◆ Your goal ◆
Pick out every line in the data below that holds "Generation".

◆ Data section ◆
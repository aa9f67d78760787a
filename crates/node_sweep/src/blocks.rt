//! Pairs copied in the order of their ranks, block by block.

ghost use Rattle.std.specs.Prelude.{◌≡◌, ◌≢◌, ◌≤◌, ◌⊎◌, IfErr, IsTrue, length};
ghost use Rattle.table_core.specs.Good.{AreGoodWords, KeepsWords};
ghost use Rattle.node_sweep.specs.Placing.{AreTried};

use crate::plan::CopyPlan;
use crate::transfer::{Fresh, Transfer};
use plane::Refusal;
use table_core::{Kind, LARGEST_RANK, pair_word, parts};

/// How many pairs are copied side by side, or results read and then told, so that they wait for
/// memory together.
pub(crate) const BLOCK_LEN: u32 = 64;

// How many places of a word's way need no second look, where this was found at the first.
fn places_tried(found: u64, word: u64) -> u32
    ensures { AreTried found word result }
{
    if found != 0 && found != word { 1 } else { 0 }
}

// Whether a part of a pair is empty, or has this copy.
fn is_copied(part: u32, copy: u32) -> bool
    ensures { IsTrue result → (part ≡ 0) ⊎ (copy ≢ 0) }
{
    part == 0 || copy != 0
}

impl Transfer<'_> {
    ghost use Rattle.node_sweep.specs.Blocks.{AreFirstFound, ArePairedCopies, AreWordsNeeded, IsPairedCopy};
    ghost use Rattle.node_sweep.specs.Transfers.{IsPlanned, IsUnderway, SaysNoRoom, fresh_words, number_count};

    // The word of the copy of the pair at a slot; 0 where no pair stands there, or a part of it has
    // no copy.
    fn paired_copy(&self, copies: &[u32], slot: u32) -> u64
        requires { length copies.now ≡ number_count self.now }
        ensures { IsPairedCopy self.now copies.now slot result }
    {
        let shape = self.old.key.shape;
        if slot >= shape.slot_count(Kind::Pair) {
            return 0;
        }
        let word = self.old.words.word(shape.index(Kind::Pair, slot) as usize);
        if word == 0 {
            return 0;
        }
        let (first, second) = parts(word);
        let (left, right) = (copies[first as usize], copies[second as usize]);
        if is_copied(first, left) && is_copied(second, right) {
            return pair_word(left, right);
        }
        0
    }

    // These words of the pairs at these slots.
    fn paired_copies(&self, copies: &[u32], slots: &[u32], words: &mut [u64])
        requires copies { length copies.now ≡ number_count self.now }
        requires room { length slots.now ≤ length words.old }
        ensures { ArePairedCopies self.now copies.now slots.now words.new (length slots.now) }
    {
        for i in 0..slots.len() {
            words[i] = self.paired_copy(copies, slots[i]);
        }
    }

    // What stands where the search for each word begins.
    fn look_ahead(&self, fresh: &[u64], words: &[u64], found: &mut [u64])
        requires good { AreGoodWords self.now.to fresh.now }
        requires room { length words.now ≤ length found.old }
        ensures { AreFirstFound self.now fresh.now words.now found.new (length words.now) }
    {
        for i in 0..words.len() {
            let index = self.to.shape.way_index(Kind::Pair, words[i], 0);
            found[i] = fresh[index as usize];
        }
    }

    // Places the words of these pairs' copies, and notes where; no word is 0.
    fn place_words(
        &self,
        fresh: &mut Fresh,
        slots: &[u32],
        words: &[u64],
        found: &[u64],
    ) -> Result<(), Refusal>
        requires underway { IsUnderway self.now fresh.old }
        requires planned { IsPlanned self.now }
        requires words { length slots.now ≤ length words.now }
        requires room { length words.now ≤ length found.now }
        requires needed { AreWordsNeeded self.now fresh.old.words.items slots.now words.now }
        requires found { AreFirstFound self.now fresh.old.words.items words.now found.now
            (length slots.now) }
        ensures underway { IsUnderway self.now fresh.new }
        ensures full { IfErr result (SaysNoRoom self.now) }
    {
        for i in 0..slots.len() {
            if words[i] != 0 {
                let pair = self.old.key.shape.index(Kind::Pair, slots[i]);
                let tried = places_tried(found[i], words[i]);
                self.note(fresh, pair, Kind::Pair, words[i], tried)?;
            }
        }
        Ok(())
    }

    // Copies the pairs at these slots whose parts have copies.
    fn copy_block(&self, fresh: &mut Fresh, slots: &[u32]) -> Result<(), Refusal>
        requires underway { IsUnderway self.now fresh.old }
        requires planned { IsPlanned self.now }
        requires few { length slots.now ≤ BLOCK_LEN }
        ensures underway { IsUnderway self.now fresh.new }
        ensures full { IfErr result (SaysNoRoom self.now) }
    {
        let mut words = [0u64; BLOCK_LEN as usize];
        let mut found = [0u64; BLOCK_LEN as usize];
        self.paired_copies(fresh.copies.as_slice(), slots, &mut words);
        self.look_ahead(fresh.words.as_slice(), &words, &mut found);
        self.place_words(fresh, slots, &words, &found)
    }

    // Copies the pairs at those of these slots that the plan keeps.
    fn copy_slots(&self, fresh: &mut Fresh, plan: &CopyPlan, slots: &[u32]) -> Result<(), Refusal>
        requires underway { IsUnderway self.now fresh.old }
        requires planned { IsPlanned self.now }
        ensures underway { IsUnderway self.now fresh.new }
        ensures full { IfErr result (SaysNoRoom self.now) }
    {
        let mut kept = [0u32; BLOCK_LEN as usize];
        let mut count = 0;
        for i in 0..slots.len() {
            if plan.keeps_pair(slots[i]) {
                kept[count] = slots[i];
                count += 1;
                if count == BLOCK_LEN as usize {
                    self.copy_block(fresh, &kept)?;
                    count = 0;
                }
            }
        }
        self.copy_block(fresh, &kept[..count])
    }

    // Copies the pairs of this rank.
    fn copy_rank(&self, fresh: &mut Fresh, plan: &CopyPlan, rank: u8) -> Result<(), Refusal>
        requires underway { IsUnderway self.now fresh.old }
        requires planned { IsPlanned self.now }
        ensures underway { IsUnderway self.now fresh.new }
        ensures full { IfErr result (SaysNoRoom self.now) }
    {
        let orders = plan.orders();
        for i in 0..orders.len() {
            self.copy_slots(fresh, plan, orders[i].of_rank(rank))?;
        }
        Ok(())
    }

    /// Copies pairs rank by rank, each after its parts.
    pub(crate) fn copy_ranks(&self, fresh: &mut Fresh, plan: &CopyPlan) -> Result<(), Refusal>
        requires underway { IsUnderway self.now fresh.old }
        requires planned { IsPlanned self.now }
        ensures underway { IsUnderway self.now fresh.new }
        ensures full { IfErr result (SaysNoRoom self.now) }
    {
        for below in 0..LARGEST_RANK {
            self.copy_rank(fresh, plan, below + 1)?;
        }
        Ok(())
    }
}
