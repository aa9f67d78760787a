//! Why a line is no request.

ghost use Rattle.std.specs.Prelude.{◌≡◌};
ghost use Rattle.pipe_requests.specs.Bad.{word_of};

/// Why a line is no request, or none here.
#[derive(Clone, Copy, Debug, PartialEq, Eq)]
pub enum Bad {
    /// The input ended before the line, or its block, did.
    Cut,
    /// The line is too long.
    Long,
    /// The first word is the name of no request.
    Name,
    /// The request has another number of words.
    Words,
    /// The word is the name of no format.
    Format,
    /// A word is no number, or one that is too small or too large.
    Number,
    /// No pattern is open.
    Closed,
}

impl Bad {
    /// The word that says it in a reply.
    pub fn word(self) -> &'static str
        ensures { result.now ≡ word_of self }
    {
        match self {
            Bad::Cut => "cut",
            Bad::Long => "long",
            Bad::Name => "name",
            Bad::Words => "words",
            Bad::Format => "format",
            Bad::Number => "number",
            Bad::Closed => "closed",
        }
    }
}
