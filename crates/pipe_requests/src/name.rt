//! The names of requests.

ghost use Rattle.std.specs.Prelude.{◌≡◌, IfNone, IfSome};
ghost use Rattle.pipe_requests.specs.Names.{IsName, name_of};

use std::str;

/// Which request it is.
#[derive(Clone, Copy, Debug, PartialEq, Eq)]
pub(crate) enum Name {
    Open,
    Advance,
    Generation,
    Rule,
    Population,
    Bounds,
    Window,
    Runs,
    Write,
    Picture,
    Period,
    Multiple,
    Same,
    Close,
}

impl Name {
    /// The name that a word is, if it is one.
    pub(crate) fn of(word: &[u8]) -> Option<Name>
        ensures some { IfSome result (λ name. word.now ≡ name_of name) }
        ensures none { IfNone result (IsName word.now → ⊥) }
    {
        match str::from_utf8(word) {
            Ok(text) => Name::of_text(text),
            Err(_) => None,
        }
    }

    fn of_text(text: &str) -> Option<Name>
        ensures some { IfSome result (λ name. text.now ≡ name_of name) }
        ensures none { IfNone result (IsName text.now → ⊥) }
    {
        match text {
            "open" => Some(Name::Open),
            "advance" => Some(Name::Advance),
            "generation" => Some(Name::Generation),
            "rule" => Some(Name::Rule),
            "population" => Some(Name::Population),
            "bounds" => Some(Name::Bounds),
            "window" => Some(Name::Window),
            "runs" => Some(Name::Runs),
            "write" => Some(Name::Write),
            "picture" => Some(Name::Picture),
            "period" => Some(Name::Period),
            "multiple" => Some(Name::Multiple),
            "same" => Some(Name::Same),
            "close" => Some(Name::Close),
            _ => None,
        }
    }
}
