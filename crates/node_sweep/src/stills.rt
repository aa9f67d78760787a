//! The words of a closed table, copied into fresh ones.

ghost use Rattle.std.specs.Prelude.{◌≡◌, ◌≤◌, ◌^◌, IfOk, IfErr, IsOkUnless, None};
ghost use Rattle.plane.specs.declared.cell.TheConstants.{HIGHEST_LEVEL};
ghost use Rattle.squares.specs.Book.{IsKnown, LacksMemoryOr};
ghost use Rattle.table_core.specs.Blocks.{square_rank};
ghost use Rattle.table_core.specs.Sizes.{IsPairCount};
ghost use Rattle.node_table.specs.Stills.{book_in, items_of, key_of};
ghost use Rattle.node_sweep.specs.Blank.{AreBlank};
ghost use Rattle.node_sweep.specs.CopiedStills.{CopiesStill, HasNoRoomFor, HasNoRoomToKeep, IsSwept, ReachesFewWords};
ghost use Rattle.node_sweep.specs.Copies.{SaysFull};
ghost use Rattle.node_sweep.specs.Copying.{AreBlankWords};
ghost use Rattle.node_sweep.specs.Table.{IsBlockIn};

use crate::blank::BlankWords;
use crate::plan::CopyPlan;
use crate::transfer::{OldWords, Transfer};
use node_table::Still;
use plane::Refusal;
use squares::{Num, Sq};
use std::alloc::Global;
use table_core::{Shape, square_rank};

impl<'a> OldWords<'a> {
    // The words of a closed table.
    fn of_still(still: &'a Still) -> OldWords<'a>
        ensures key { result.key.now ≡ key_of still.now }
        ensures words { result.words.now ≡ items_of still.now }
    {
        OldWords {
            key: still.key(),
            words: still.words(),
        }
    }
}

impl Transfer<'_> {
    ghost use Rattle.node_sweep.specs.Plans.{IsFilled, IsFilledAlone};
    ghost use Rattle.node_sweep.specs.Transfers.{SaysNoRoom, old_table};

    // What is copied into these words. The root has this level.
    fn copied(&self, alloc: Global, words: Vec<u64>, level: u8) -> Result<(Still, Sq), Refusal>
        requires words { AreBlankWords self.now.to words.items }
        requires level { (3 ≤ level) × (level ≤ HIGHEST_LEVEL) }
        requires block { IsBlockIn (old_table self.now) (square_rank level) self.now.root }
        ensures ok { IfOk result (λ made. IsFilled self.now level made.0 made.1) }
        ensures reached { self.now.plan ≡ None
            → IfOk result (λ made. IsFilledAlone self.now made.0) }
        ensures refusal { IfErr result (LacksMemoryOr (SaysNoRoom self.now)) }
    {
        let (words, number) = self.fill(alloc, words, square_rank(level))?;
        let root = Sq {
            level,
            num: Num(number),
        };
        Ok((Still::of_words(self.to, words), root))
    }
}

/// Copies into blank words the square and all that it reaches, and of the other squares and halves
/// what is planned, as far as the words have all that these reach. The result of a square stays
/// where it is the empty square or is copied too, and no other does. The old words stay as they
/// are.
///
/// It refuses `NoMemory`, and `NodesFull` if the words have no room for some of these squares
/// beside the others.
pub fn copy<'a>(
    alloc: Global,
    still: &'a Still,
    root: Sq,
    plan: &'a CopyPlan,
    blank: BlankWords,
) -> Result<(Still, Sq), Refusal>
    requires known { IsKnown (book_in still.now) root.level root }
    requires blank { AreBlank (key_of still.now) (2 ^ blank.key.shape.bits) blank }
    ensures ok { IfOk result (λ made.
        CopiesStill still.now root (2 ^ blank.key.shape.bits) made.0 made.1) }
    ensures refusal { IfErr result (LacksMemoryOr (SaysFull
        (HasNoRoomToKeep still.now (2 ^ blank.key.shape.bits)))) }
{
    let BlankWords { key, words } = blank;
    let transfer = Transfer {
        old: OldWords::of_still(still),
        root: root.num.0,
        plan: Some(plan),
        to: key,
    };
    transfer.copied(alloc, words, root.level)
}

/// Copies the square and all that it reaches into fresh words of `pairs` pair slots, under the same
/// rule and exponent. The result of a square stays where it is the empty square or is reached too,
/// and no other does. The old words stay as they are.
///
/// It refuses `NoMemory`, and `NodesFull` if that many slots have no room for some of these squares
/// beside the others: never for a square that reaches at most 256 leaves and 256 pairs.
pub fn sweep(alloc: Global, still: &Still, root: Sq, pairs: u32) -> Result<(Still, Sq), Refusal>
    requires known { IsKnown (book_in still.now) root.level root }
    requires pairs { IsPairCount pairs }
    ensures ok { IfOk result (λ swept. IsSwept still.now root pairs swept.0 swept.1) }
    ensures refusal { IfErr result (LacksMemoryOr (SaysFull (HasNoRoomFor still.now root pairs))) }
    ensures few { ReachesFewWords still.now root → IsOkUnless result Refusal.NoMemory }
{
    let blank = BlankWords::new(alloc, still.key(), Shape::new(pairs))?;
    let BlankWords { key, words } = blank;
    let transfer = Transfer {
        old: OldWords::of_still(still),
        root: root.num.0,
        plan: None,
        to: key,
    };
    transfer.copied(alloc, words, root.level)
}
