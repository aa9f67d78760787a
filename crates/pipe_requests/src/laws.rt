//! What holds of every line, as a call that does nothing and says it in its clause.

ghost use Rattle.pipe_requests.specs.Meaning.{OneMeaning};

/// A line asks for one thing, or is bad for one reason, and never both.
pub fn one_meaning()
    ensures { OneMeaning }
{}
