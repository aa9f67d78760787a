//! How many pairs and results of each rank there are, which says what a collection keeps.

use crate::keep::Shares;
use table_core::LARGEST_RANK;

/// No rank is as high.
pub(crate) const RANK_COUNT: usize = 256;

/// Of which ranks a collection keeps pairs, beside those that the root reaches.
#[derive(Clone, Copy)]
pub(crate) struct KeptRanks {
    /// Each pair of at most this rank.
    pub(crate) low: u8,
    /// Each pair of at least this rank that has a result, and that result.
    pub(crate) high: u8,
}

/// How many pairs of each rank there are, and how many of them have results.
#[derive(Clone, Copy)]
pub(crate) struct RankCounts {
    pub(crate) pairs: [u32; RANK_COUNT],
    results: [u32; RANK_COUNT],
}

/// How many squares of each size had results when words were collected, and from which size on all
/// of these were kept. No clause promises that the numbers are right: they only decide whether
/// another collection is worth its time.
#[derive(Clone, Copy)]
pub struct Finished {
    results: [u32; RANK_COUNT],
    high: u8,
}

// One in so many of them; all of them, for 0.
fn share(slots: u32, one_in: u32) -> u32 {
    slots / one_in.max(1)
}

impl RankCounts {
    /// Of no pair.
    pub(crate) fn new() -> RankCounts {
        RankCounts {
            pairs: [0; RANK_COUNT],
            results: [0; RANK_COUNT],
        }
    }

    /// Counts a pair of this rank.
    pub(crate) fn count(&mut self, rank: u8, has_result: bool) {
        let rank = usize::from(rank);
        self.pairs[rank] = self.pairs[rank].saturating_add(1);
        if has_result {
            self.results[rank] = self.results[rank].saturating_add(1);
        }
    }

    /// Counts what was counted elsewhere too.
    pub(crate) fn add(&mut self, others: &RankCounts) {
        for rank in 0..RANK_COUNT {
            self.pairs[rank] = self.pairs[rank].saturating_add(others.pairs[rank]);
            self.results[rank] = self.results[rank].saturating_add(others.results[rank]);
        }
    }

    /// What a collection into so many pair slots keeps.
    pub(crate) fn kept_ranks(&self, slots: u32, shares: Shares) -> KeptRanks {
        let low = if self.pairs[1] > share(slots, shares.leaves) {
            0
        } else {
            self.low(u64::from(share(slots, shares.small)))
        };
        let high = self.high(u64::from(share(slots, shares.large)));
        KeptRanks { low, high }
    }

    // The highest rank up to which there are at most so many pairs.
    fn low(&self, most: u64) -> u8 {
        let mut sum: u64 = 0;
        for rank in 1..=LARGEST_RANK {
            sum = sum.saturating_add(u64::from(self.pairs[rank as usize]));
            if sum > most {
                return rank - 1;
            }
        }
        LARGEST_RANK
    }

    // The lowest rank from which on there are at most so many pairs with results.
    fn high(&self, most: u64) -> u8 {
        let mut sum: u64 = 0;
        for rank in (1..=LARGEST_RANK).rev() {
            sum = sum.saturating_add(u64::from(self.results[rank as usize]));
            if sum > most {
                return rank + 1;
            }
        }
        1
    }

    /// What was finished before a collection that keeps these.
    pub(crate) fn into_finished(self, kept: KeptRanks) -> Finished {
        let results = self.results;
        Finished {
            results,
            high: kept.high,
        }
    }
}

impl Finished {
    /// Whether more large squares are finished than before an earlier collection, of those that it
    /// kept all of: by one in so many at least. No clause promises the answer: it only decides how
    /// fast a run is.
    pub fn is_beyond(&self, earlier: &Finished, one_in: u64) -> bool {
        let before = earlier.results_from(earlier.high);
        self.results_from(earlier.high) > before.saturating_add(before / one_in.max(1))
    }

    // How many results there were from this rank on.
    fn results_from(&self, lowest: u8) -> u64 {
        let mut sum: u64 = 0;
        for rank in lowest..=LARGEST_RANK {
            sum = sum.saturating_add(u64::from(self.results[rank as usize]));
        }
        sum
    }
}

◆ Response area ◆
    Generation,
            "generation" => Some(Name::Generation),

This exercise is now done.